Disclosed is an adaptive beamforming method capable of improving the processing speed by increasing the speed of convergence when performing iteration, and an apparatus for implementing the same. In the adaptive beamforming method, (a) N signal arrival direction processors generate N second signals by multiplying N first signals received through N smart antenna arrays by a weight vector, respectively. And, (b) generating a third signal by receiving the N second signals and multiplying the N second signals by multiplying the coupling constants, and (c) generating the third signal. 2 an adder receiving the third signal, subtracting the third signal from a reference signal projecting the third signal as the nearest signal coordinate, and calculating a common error value, and (d) N The Least Mean Squares receive the common error value, multiply the step size parameter set by the common error value and the N first signals, and add the weight vector to generate a new weight vector, and the new And providing a weight vector to the N signal arrival processors.

Description

ADAPTIVE BEAMFORMING METHOD AND APPARATUS FOR EMBODYING THE SAME

The present invention relates to an adaptive adaptive beamforming method and an apparatus for implementing the same, and more particularly, to an adaptive beamforming method of a receiver having N smart antennas and an apparatus for implementing the same.

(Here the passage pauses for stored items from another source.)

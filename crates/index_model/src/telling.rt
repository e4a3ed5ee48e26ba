ghost use Rattle.std.specs.Prelude.{◌≡◌, ◌++◌, codes, decimal, IfOk, string_bytes};
ghost use Rattle.ltfs_documents.specs.DocFields.Tags.{spelled};
ghost use Rattle.index_model.specs.Telling.{refusal_text};

use crate::errors::IndexErr;
use ltfs_documents::doc_fields::{Tag, name_of};
use std::alloc::Global;
use tape_types::{Bytes, NoMemory};

fn plain(text: String) -> Bytes
    ensures { result ≡ string_bytes text }
{
    Bytes::from_vec(text.into_bytes())
}

fn missing_text(alloc: Global, tag: Tag) -> Result<Bytes, NoMemory>
    ensures { IfOk result (λ text. text ≡ codes "Missing " ++ spelled tag) }
{
    let mut text = plain(String::from_str(alloc, "Missing ")?);
    text.extend(name_of(tag))?;
    Ok(text)
}

/// How a refusal is told in one line: its kind, and the place, the element or the UID that it
/// has.
pub fn refusal_text(alloc: Global, refusal: IndexErr) -> Result<Bytes, NoMemory>
    ensures { IfOk result (λ text. text ≡ refusal_text refusal) }
{
    let text = match refusal {
        IndexErr::Syntax(at) => format!(in alloc; "Syntax {at}")?,
        IndexErr::Unknown(at) => format!(in alloc; "Unknown {at}")?,
        IndexErr::Twice(at) => format!(in alloc; "Twice {at}")?,
        IndexErr::Version => format!(in alloc; "Version")?,
        IndexErr::Missing(tag) => return missing_text(alloc, tag),
        IndexErr::Number(at) => format!(in alloc; "Number {at}")?,
        IndexErr::Name(at) => format!(in alloc; "Name {at}")?,
        IndexErr::TooMany => format!(in alloc; "TooMany")?,
        IndexErr::Uid(uid) => format!(in alloc; "Uid {uid}")?,
        IndexErr::SameName(uid) => format!(in alloc; "SameName {uid}")?,
        IndexErr::SameKey(uid) => format!(in alloc; "SameKey {uid}")?,
        IndexErr::Extent(uid) => format!(in alloc; "Extent {uid}")?,
        IndexErr::Overlap(uid) => format!(in alloc; "Overlap {uid}")?,
        IndexErr::NoMemory => format!(in alloc; "NoMemory")?,
    };
    Ok(plain(text))
}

Spectral efficiency and reliability are limited by multipath fading, delay spread and co-channel interference in wireless communication systems. In recent years, there has been a lot of research on angular diversity to overcome multipath fading in the spatial domain. In particular, by using a smart antenna in various ways, it is possible to improve the performance of a wireless communication system. Adaptive beamforming is one of the most important smart antenna technologies that can be widely used in the wireless communication field.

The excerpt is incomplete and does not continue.